Color Management - CCI and X-Rite Provide Color Accuracy on the Factory Floor
As one of the world’s largest manufacturers of color cards and color systems, Chicago-based Color Communications Inc. (CCI) specializes in exact duplication of the colors consumers see when they apply paints and stains to the interior and exteriors of their homes. Over the past 35 years, CCI has produced billions of color merchandising products for companies around the globe, such as the paint chips offered by the paint manufacturers at home improvement retailers like Home Depot and Lowe’s to the paint samples in brochures and displays used in automotive showrooms enabling consumers to select the color of their new cars and trucks.
True to its reputation as an innovator, CCI has recently employed an X-Rite inexpensive in-line, non-contact spectrophotometer that provides laboratory accuracy in reading colors on the factory floor. The company estimates that the instrument will pay for itself in less than a year through savings in scrap, equipment downtime and labor costs.
CCI employs more than 500 people at its main Chicago facility and an Auckland, New Zealand plant. The company’s work is so precise that some color tools produced by CCI are used by its customers as standards for their internal color quality control.
“Customers come to us because they have a need for accurate color,” said Jerald Dimas, Vice President-Technical at CCI. “There is a premium cost to our product because of that accuracy. You can’t print colors using four-color process printing for an accurate representation. We use the actual paint in our process. That’s one of our competitive advantages: High-speed production with a high degree of accuracy.”
Ensuring Color QualityTo ensure color quality during a production run, CCI technicians take test samples by stopping the equipment, cutting the desired sample from the production roll and conducting spectrophotometer tests. A high-profile project for Akzo Nobel Coatings required more than 20,000 such measurements in the last eight months alone. The costs of quality add up quickly because part of the production run is spoiled by taking the sample, and the equipment remains idle during the testing process.
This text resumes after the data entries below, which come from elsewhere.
// The order of a file's records, and where it ends.
use crate::files::{board_z, book, bound, class, limit, quote, weekend, with};
use crate::told::{Case, money, ranked};
use std::test::Fail;

#[test]
fn tells_a_letter_that_may_not_stand_there(rt: HostRuntime) {
    let cases = [
        // no letter of a record
        Case(0, with(class(0, 0), 0, 0), Some((2, 0))),
        Case(0, with(class(0, 0), 0, b'c'), Some((2, 0))),
        Case(16, with(limit(11), 0, b'X'), Some((2, 0))),
        // at the start
        Case(0, weekend(0), Some((2, 0))),
        Case(0, book(0, 0), Some((2, 0))),
        Case(0, bound(0, 0, 1, 2), Some((2, 0))),
        Case(0, quote(0, 0, 4), Some((2, 0))),
        Case(0, limit(11), Some((2, 0))),
        // after a class
        Case(1, book(0, 0), Some((2, 0))),
        Case(1, bound(0, 0, 1, 2), Some((2, 0))),
        Case(1, quote(0, 0, 4), Some((2, 0))),
        Case(1, limit(11), Some((2, 0))),
        // after a weekend
        Case(3, class(2, 0), Some((2, 0))),
        Case(3, bound(0, 0, 1, 2), Some((2, 0))),
        Case(3, quote(0, 0, 4), Some((2, 0))),
        Case(3, limit(11), Some((2, 0))),
        // after a book
        Case(6, class(2, 0), Some((2, 0))),
        Case(6, weekend(2), Some((2, 0))),
        // after a bound
        Case(9, class(2, 0), Some((2, 0))),
        Case(9, weekend(2), Some((2, 0))),
        Case(9, book(3, 0), Some((2, 0))),
        // after a quote
        Case(15, class(2, 0), Some((2, 0))),
        Case(15, weekend(2), Some((2, 0))),
        Case(15, book(3, 0), Some((2, 0))),
        Case(15, bound(1, 1, 1, 1), Some((2, 0))),
    ];
    money(&rt).each_told(&cases);
}

#[test]
fn tells_any_record_after_the_limit(rt: HostRuntime) -> Result<(), Fail> {
    let rows = [
        class(2, 0),
        weekend(2),
        book(3, 0),
        bound(1, 1, 1, 1),
        quote(2, 1, 5),
        limit(11),
        with(limit(11), 0, b'X'),
    ];
    for row in &rows {
        let mut file = Vec::from_slice(rt.alloc(), &board_z())?;
        file.push(*row)?;
        money(&rt).refused(&file, 2, 17, 0);
        ranked(&rt).refused(&file, 2, 17, 0);
    }
    Ok(())
}

#[test]
fn tells_a_file_that_ends_early(rt: HostRuntime) {
    let rows = board_z();
    for kept in 0..17usize {
        let number = if kept == 0 { 1 } else { 2 };
        money(&rt).refused(&rows[0..kept], number, kept, 0);
        ranked(&rt).refused(&rows[0..kept], number, kept, 0);
    }
}

#[test]
fn accepts_a_file_with_no_bounds_or_no_quotes(rt: HostRuntime) -> Result<(), Fail> {
    let (c, w, b) = (class(0, 0), weekend(0), book(0, 0));
    money(&rt).accepted(&[c, w, b, limit(0)])?;
    money(&rt).accepted(&[c, w, b, bound(0, 0, 0, 1), limit(0)])?;
    money(&rt).accepted(&[c, w, b, quote(0, 0, 3), limit(0)])?;
    money(&rt).refused(&[w, b, limit(0)], 2, 0, 0);
    money(&rt).refused(&[c, b, limit(0)], 2, 1, 0);
    money(&rt).refused(&[c, w, limit(0)], 2, 2, 0);
    Ok(())
}

// With two classes and three weekends, and at the places 6 and 7 a bound at (1, 0) and this one.
fn two_bounds(second: [u8; 16]) -> [[u8; 16]; 9] {
    [
        class(0, 0),
        class(1, 0),
        weekend(0),
        weekend(1),
        weekend(2),
        book(0, 1),
        bound(1, 0, 0, 1),
        second,
        limit(1),
    ]
}

// The order of two bounds goes by their bytes as they stand, before the second's class is looked at.
#[test]
fn tells_the_order_of_bounds_before_a_class(rt: HostRuntime) -> Result<(), Fail> {
    money(&rt).accepted(&two_bounds(bound(2, 0, 0, 1)))?;
    money(&rt).accepted(&two_bounds(bound(1, 1, 0, 1)))?;
    money(&rt).refused(&two_bounds(bound(0, 9, 0, 1)), 3, 7, 1);
    money(&rt).refused(&two_bounds(bound(1, 9, 0, 1)), 3, 7, 2);
    money(&rt).refused(&two_bounds(bound(2, 9, 0, 1)), 3, 7, 2);
    money(&rt).refused(&two_bounds(bound(3, 9, 0, 1)), 3, 7, 1);
    Ok(())
}

// Each fault stands before those above it, so each is told in its turn.
#[test]
fn tells_the_first_faulty_record(rt: HostRuntime) {
    let faults = [
        Case(16, limit(i64::MAX), Some((7, 8))),
        Case(14, with(quote(2, 0, 1), 5, 1), Some((4, 5))),
        Case(12, quote(1, 0, i64::MAX), Some((7, 8))),
        Case(9, bound(1, 1, 2, 1), Some((6, 3))),
        Case(7, class(2, 0), Some((2, 0))),
        Case(5, book(1, 2), Some((3, 2))),
        Case(3, with(weekend(1), 9, 1), Some((4, 9))),
        Case(1, class(1, 1), Some((3, 2))),
        Case(0, limit(1), Some((2, 0))),
    ];
    let mut rows = board_z();
    for Case(at, row, expected) in &faults {
        assert!(rt; *at < 17);
        rows[*at] = *row;
        money(&rt).told_at(&rows, *at, *expected);
    }
}
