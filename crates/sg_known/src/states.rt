// In which states a field is never 0.
ghost use Rattle.std.specs.Prelude.{◌≡◌, ℕ, ◌+◌, ◌≤◌, ◌<◌, ◌^◌, ◌++◌, IfOk, OnOk, filter, length, map};
ghost use Rattle.std.specs.List.{list_all};
ghost use Rattle.sg_described.specs.sg_facts.Facts.{facts_of, fun_of_shape, state_after};
ghost use Rattle.sg_described.specs.NeverZero.{all_from, is_listed, keeps_some, leaves_some, makes_some, moves_some, never_zero, states_from, states_left, stays_listed};
ghost use Rattle.sg_known.specs.Seen.{pairs_of};

use sg_described::{Effect, FunShape, ListOf, NoMemory, Shape};
use sg_walk::effect_on;
use std::alloc::Global;

/// Numbers of states.
pub type StateList = ListOf<u8>;

/// The state that a function leaves that is called in a state.
pub fn state_left(shape: &Shape, fun: u8, state: u8) -> u8
    ensures { result ≡ state_after (facts_of shape.now) fun state }
{
    shape.fun(fun).leaves.state_after(fun, state)
}

/// Whether a state is listed.
pub fn has_state(states: &[u8], state: u8) -> bool
    ensures { result ≡ is_listed states.now state }
{
    states.iter().any(|other| *other == state)
}

// Whether a field isn't 0 after an effect on it, or none, by whether it wasn't before.
fn stays_some(effect: Option<Effect>, some: bool) -> bool
    ensures { result ≡ leaves_some effect some }
{
    match effect {
        None | Some(Effect::AddArg(_) | Effect::AddRet) => some,
        Some(Effect::SetCaller) => true,
        Some(_) => false,
    }
}

// Whether a function that makes a descriptor in this state doesn't leave the field 0.
fn makes(shape: &Shape, field: u8, state: u8, number: u8, fun: &FunShape) -> bool
    ensures { result ≡ makes_some (facts_of shape.now) field state number (fun_of_shape fun.now) }
{
    !(fun.is_creation() && state_left(shape, number, number) == state)
        || stays_some(effect_on(fun.effects, field), false)
}

// Whether all functions do so, numbered from one on.
fn all_make(shape: &Shape, field: u8, state: u8, number: u8, funs: &[FunShape]) -> bool
    requires { number + length funs.now < 2 ^ 8 }
    ensures { result ≡ all_from (makes_some (facts_of shape.now) field state) number (map fun_of_shape funs.now) }
{
    match funs {
        [] => true,
        [first, rest @ ..] => {
            makes(shape, field, state, number, first)
                && all_make(shape, field, state, number + 1, rest)
        }
    }
}

// Whether a function that is called in a state and leaves this one doesn't leave the field 0.
fn moves(shape: &Shape, field: u8, states: &[u8], state: u8, pair: (u8, u8)) -> bool
    ensures { result ≡ moves_some (facts_of shape.now) field states.now state (pair.0, pair.1) }
{
    let fun = shape.fun(pair.1);
    !(!fun.is_creation() && !fun.is_terminal() && state_left(shape, pair.1, pair.0) == state)
        || stays_some(effect_on(fun.effects, field), has_state(states, pair.0))
}

// Whether all transitions do so.
fn all_move(shape: &Shape, field: u8, states: &[u8], state: u8, pairs: &[(u8, u8)]) -> bool
    ensures { result ≡ list_all (moves_some (facts_of shape.now) field states.now state) (map (λ p. (p.0, p.1)) pairs.now) }
{
    match pairs {
        [] => true,
        [first, rest @ ..] => {
            moves(shape, field, states, state, *first)
                && all_move(shape, field, states, state, rest)
        }
    }
}

// Whether a recover step, if it is from this state, leads to a listed one; of whichever field.
fn stays(shape: &Shape, states: &[u8], state: u8, pair: (u8, u8)) -> bool
    ensures { result ≡ stays_listed (facts_of shape.now) 0 states.now state (pair.0, pair.1) }
{
    pair.0 != state || has_state(states, state_left(shape, pair.1, pair.0))
}

// Whether all recover steps from this state lead to listed ones.
fn all_stay(shape: &Shape, states: &[u8], state: u8, pairs: &[(u8, u8)]) -> bool
    ensures { result ≡ list_all (stays_listed (facts_of shape.now) 0 states.now state) (map (λ p. (p.0, p.1)) pairs.now) }
{
    match pairs {
        [] => true,
        [first, rest @ ..] => {
            stays(shape, states, state, *first) && all_stay(shape, states, state, rest)
        }
    }
}

// Whether the field is never 0 in a state, if it never is in the listed ones.
fn keeps(shape: &Shape, field: u8, states: &[u8], state: u8) -> bool
    requires { length (facts_of shape.now).funs < 2 ^ 7 }
    ensures { result ≡ keeps_some (facts_of shape.now) field states.now state }
{
    all_make(shape, field, state, 1, shape.funs)
        && all_move(shape, field, states, state, shape.moves)
        && all_stay(shape, states, state, shape.steps)
}

// The states that keep to it.
fn kept(alloc: Global, shape: &Shape, field: u8, states: &[u8]) -> Result<StateList, NoMemory>
    requires { length (facts_of shape.now).funs < 2 ^ 7 }
    ensures { IfOk result (λ left. left ≡ filter (keeps_some (facts_of shape.now) field states.now) states.now) }
{
    let mut left = StateList::new(alloc);
    add_kept(&mut left, shape, field, states, states)?;
    Ok(left)
}

// Adds those of some states that keep to it.
fn add_kept(
    left: &mut StateList,
    shape: &Shape,
    field: u8,
    states: &[u8],
    some: &[u8],
) -> Result<(), NoMemory>
    requires { length (facts_of shape.now).funs < 2 ^ 7 }
    ensures { OnOk result (left.new ≡ left.old ++ filter (keeps_some (facts_of shape.now) field states.now) some.now) }
{
    match some {
        [] => Ok(()),
        [first, rest @ ..] => {
            if keeps(shape, field, states, *first) {
                left.push(*first)?;
            }
            add_kept(left, shape, field, states, rest)
        }
    }
}

// The states that are left, when those that don't keep to it have gone until all do.
fn settled(
    alloc: Global,
    shape: &Shape,
    field: u8,
    states: StateList,
) -> Result<StateList, NoMemory>
    requires { length (facts_of shape.now).funs < 2 ^ 7 }
    ensures { IfOk result (λ left. (n : ℕ) → length states ≤ n → left ≡ states_left (facts_of shape.now) field n states) }
{
    let left = kept(alloc, shape, field, states.as_slice())?;
    if left.len() == states.len() {
        return Ok(left);
    }
    Ok(settled(alloc, shape, field, left)?)
}

// The states that there are, numbered from one on.
fn add_states(states: &mut StateList, number: u8, funs: &[FunShape]) -> Result<(), NoMemory>
    requires { number + length funs.now < 2 ^ 8 }
    ensures { OnOk result (states.new ≡ states.old ++ states_from number (map fun_of_shape funs.now)) }
{
    match funs {
        [] => Ok(()),
        [_, rest @ ..] => {
            states.push(number)?;
            add_states(states, number + 1, rest)
        }
    }
}

/// The states in which a field is never 0.
pub fn never_zero_states(alloc: Global, shape: &Shape, field: u8) -> Result<StateList, NoMemory>
    requires { length (facts_of shape.now).funs < 2 ^ 7 }
    ensures { IfOk result (λ states. states ≡ never_zero (facts_of shape.now) field) }
{
    let mut states = StateList::new(alloc);
    add_states(&mut states, 1, shape.funs)?;
    Ok(settled(alloc, shape, field, states)?)
}
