// A play: whose turn it is, and the play to its end.
ghost use Rattle.std.specs.Prelude.{◌≡◌, ◌+◌, ◌≤◌, ◌<◌, ◌++◌, ℕ, List, [], true, false, None, IfOk, IfSome, OnErr, OnOk, length, nat_lt};
ghost use Rattle.sg_play.specs.sg_clients.Clients.{IsClient};
ghost use Rattle.sg_play.specs.sg_plain.Playing.Callers.{handed, is_setting_up};
ghost use Rattle.sg_play.specs.sg_plain.Playing.Ends.{end_of, ends_from};
ghost use Rattle.sg_sim.specs.Inside.Ends.{HasEnded, end_by};
ghost use Rattle.sg_play.specs.sg_plain.Playing.Playable.{IsPlayable};
ghost use Rattle.sg_play.specs.sg_plain.Playing.Turns.{NobodyGoes, is_free_phase, may_go};
ghost use Rattle.sg_facts.specs.Trace.{run_of};
ghost use Rattle.sg_play.specs.sg_plain.Calls.{script_calls};
ghost use Rattle.sg_play.specs.Turning.{StepsInTurn, with_offer};
ghost use Rattle.sg_play.specs.Following.Stages.{IsNextTurn};
ghost use Rattle.sg_play.specs.GoingOn.{MayGoOn};
ghost use Rattle.sg_sim.specs.Inside.Next.{IsFirstAfter, NoneAfter, NoneScheduled, may_go_next, stage_now};
ghost use Rattle.sg_play.specs.sg_clients.WorldView.{is_blocked_phase, seat_of};
ghost use Rattle.sg_sim.specs.Played.{FollowsSchedule, IsOfWorld, IsPlayed};
ghost use Rattle.sg_sim.specs.Playing.{ComesTo, EndsAs, HasMissed, IsTurnOf, can_step, new_of};
ghost use Rattle.sg_play.specs.sg_plain.Answering.{no_query_waits};
ghost use Rattle.sg_play.specs.sg_world.Worlded.{setting_of};
ghost use Rattle.sg_play.specs.sg_world_laws.Setting.{stubs_of};

use crate::given::Given;
use crate::played::Played;
use crate::turn::take_turn;
use sg_discard::discard;
use sg_facts::{FIRST_CLIENT, NoMemory, Service, Stops, Tables, TryCopy};
use sg_play::{End, EndList, Ended, Phase, Script, World, most_client, script_call};
use std::alloc::Global;
use std::marker::Model;

/// The greatest number of turns of a play. Each turn adds to the trace or to the history of its world, so that a play of more turns
/// wants memory.
const MOST_TURNS: u64 = u64::MAX;

/// A play of a script: its clients make their calls, turn by turn, on a world whose service may stop. Contracts see it as plain data.
#[derive(Debug, Drop)]
pub struct Play<S: Service, T: Stops> {
    world: World<S, T>,
    script: Script,
    given: Given,
    // How many turns of the schedule were taken or passed over.
    passed: usize,
    // The client of the last turn, 0 before the first.
    last: u8,
    // Whether each turn so far was that of the play without stops.
    in_order: bool,
}

impl<S: Service, T: Stops> Model for Play<S, T> {
    ghost use Rattle.sg_sim.specs.Inside.Givens.{lists_of};
    ghost use Rattle.sg_sim.specs.Inside.Keeps.{KeepsPlay};
    ghost use Rattle.sg_sim.specs.Playing.{Playing};
    ghost use Rattle.sg_play.specs.sg_world.Worlded.{setting_of};

    ghost Value = { Playing };

    ghost view = { λ p. record { tables = p.world.tables; script = p.script; plan = p.world.plan; view = p.world.view; passed = p.passed; last = p.last; in_order = p.in_order } };

    ghost invariant = { λ p. KeepsPlay (setting_of S.ask S.sound S.parts p.world.tables) p.script p.world.view (lists_of p.given) p.passed p.last p.in_order };
}

// A turn that is to be taken: its client, and how many turns of the schedule are after it.
#[derive(Clone, Copy, Debug)]
struct NextTurn {
    client: u8,
    passed: usize,
}
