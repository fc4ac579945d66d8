// What tests that hold tell of a row.
ghost use Rattle.std.specs.Prelude.{◌≡◌, vec_len};
ghost use Rattle.sg_described.specs.Known.{after_test, after_tests, after_told, told_by};
ghost use Rattle.sg_known.specs.Seen.{known_in};

use crate::known::Seen;
use sg_described::{Bounds, Operand, Relation, Term, Test};

// What is known of a number that stands so to another.
fn told(relation: Relation, number: u64, bounds: Bounds) -> Bounds
    ensures { result ≡ told_by relation number bounds }
{
    match relation {
        Relation::Is => Bounds {
            least: number,
            most: number,
        },
        Relation::IsNot => told_apart(number, bounds),
        Relation::Below => Bounds {
            least: bounds.least,
            most: bounds.most.min(number.saturating_sub(1)),
        },
        Relation::Above => Bounds {
            least: bounds.least.max(number.saturating_add(1)),
            most: bounds.most,
        },
    }
}

// What is known of a number that isn't another.
fn told_apart(number: u64, bounds: Bounds) -> Bounds
    ensures { result ≡ told_by Relation.IsNot number bounds }
{
    Bounds {
        least: if number == bounds.least {
            number.saturating_add(1)
        } else {
            bounds.least
        },
        most: if number == bounds.most {
            number.saturating_sub(1)
        } else {
            bounds.most
        },
    }
}

// Narrows what is known by an operand that stands so to a number.
fn narrow_operand(seen: &mut Seen<'_>, operand: Operand, relation: Relation, number: u64)
    ensures known { known_in seen.new ≡ after_told (vec_len seen.old.fields) operand relation number (known_in seen.old) }
    ensures count { vec_len seen.new.fields ≡ vec_len seen.old.fields }
{
    match operand {
        Operand::Own(at) => {
            let at = usize::from(at);
            if at < seen.fields.len() {
                seen.fields[at] = told(relation, number, seen.fields[at]);
            }
        }
        Operand::State => seen.state = told(relation, number, seen.state),
        Operand::Number(_) | Operand::Caller | Operand::Argument(_) => {}
    }
}

// Narrows what is known by a test that holds.
fn narrow(seen: &mut Seen<'_>, test: &Test)
    ensures known { known_in seen.new ≡ after_test (vec_len seen.old.fields) test.now (known_in seen.old) }
    ensures count { vec_len seen.new.fields ≡ vec_len seen.old.fields }
{
    if let Term::Only(operand) = test.left {
        if let Term::Only(Operand::Number(number)) = test.right {
            narrow_operand(seen, operand, test.relation, number);
        }
    }
}

/// Narrows what is known by tests that hold.
pub fn narrow_all(seen: &mut Seen<'_>, tests: &[Test])
    ensures known { known_in seen.new ≡ after_tests (vec_len seen.old.fields) tests.now (known_in seen.old) }
    ensures count { vec_len seen.new.fields ≡ vec_len seen.old.fields }
{
    if let [first, rest @ ..] = tests {
        narrow(seen, first);
        narrow_all(seen, rest);
    }
}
In addition, quality control personnel spend time conducting the tests and transporting samples to and from the factory floor.
By multiplying the resources expended to test one sample by the tens of thousands of tests it performs annually, CCI determined it had a great opportunity for cost savings and enhanced quality control practices.
To pursue this opportunity, CCI agreed to act as one of a number of beta test sites this past year for a new-generation spectrophotometer developed by X-Rite that can measure samples without destructive testing, match the accuracy of lab-confined spectrophotometers on a relative basis, and withstand the harsh environments of a factory floor.
Cost - A Key FactorAnd there was one final key to make the system work for CCI: cost. By using innovations from a variety of industries, X-Rite offers the instrument at less than $20,000 a unit, nearly one-fifth the cost of other lab-bound or non-contact spectrophotometers. Michigan-based X-Rite, the world’s largest manufacturer of color measuring instruments, has begun introduction of the product worldwide following its successful trials at CCI.
“When we first started looking at non-contact spectrophotometers, everything was in excess of $100,000,” Dimas said. “We were still looking at them to see if they could pay for themselves, but the cost really didn’t look that attractive at those prices. “With the VeriColor® Spectro, the return on investment is excellent. There isn’t a reason not to use this sort of equipment in the factory now.”
VeriColor Spectro SystemCCI uses the VeriColor Spectro system to measure color at a distance of up to 4 inches from the sample, which Dimas said is more than adequate for his company’s needs and allows for versatility in mounting the instrument. Because the instrument does not employ destructive testing, CCI has been able to compile data as often as it wishes while the process is running. Under the destructive testing system, CCI conducts tests at the beginning, middle and end of the product run simply because of the resources required for each test.
“We have a very active Six Sigma program here, and one of its tenets is to define and measure for constant improvement,” Dimas said. “We want to catch a problem at the source and, in order to catch it, we have to measure it.”
CCI has begun to correlate the process data that it collects from the VeriColor Spectro instrumentation with other quality control systems that monitor dwell and cure times, film thickness and substrate variations to “engineer the quality into our products,” Dimas said.
Dimas said the robust nature of the VeriColor Spectro in harsh environments was critical to CCI. The basic VeriColor Spectro instrument shows lab-quality reproducibility in temperature conditions ranging from 32 – 125 °F and can show the same reproducibility up to 167 °F with a special enclosure that uses compressed air to cool the system and keep optics clean. “A lot of spectrophotometers are very sensitive when it comes to temperature for reproducibility, and the VeriColor hasn’t shown that,” Dimas said.
Initial results indicate that the VeriColor Spectro will allow CCI to reduce the number of off-line samples from tens of thousands of trials to hundreds over the course of a year. For instance, the 20,000 off-line readings that were required for Akzo Nobel could be replaced with digital readings by using the VeriColor in the future.
“One of the reasons why we need something like this is because our industry is so demanding,” Dimas said. “It really depends on the norm in your industry. It is not uncommon for us to maintain our tolerances below a half unit or less. That is very, very tough to do.”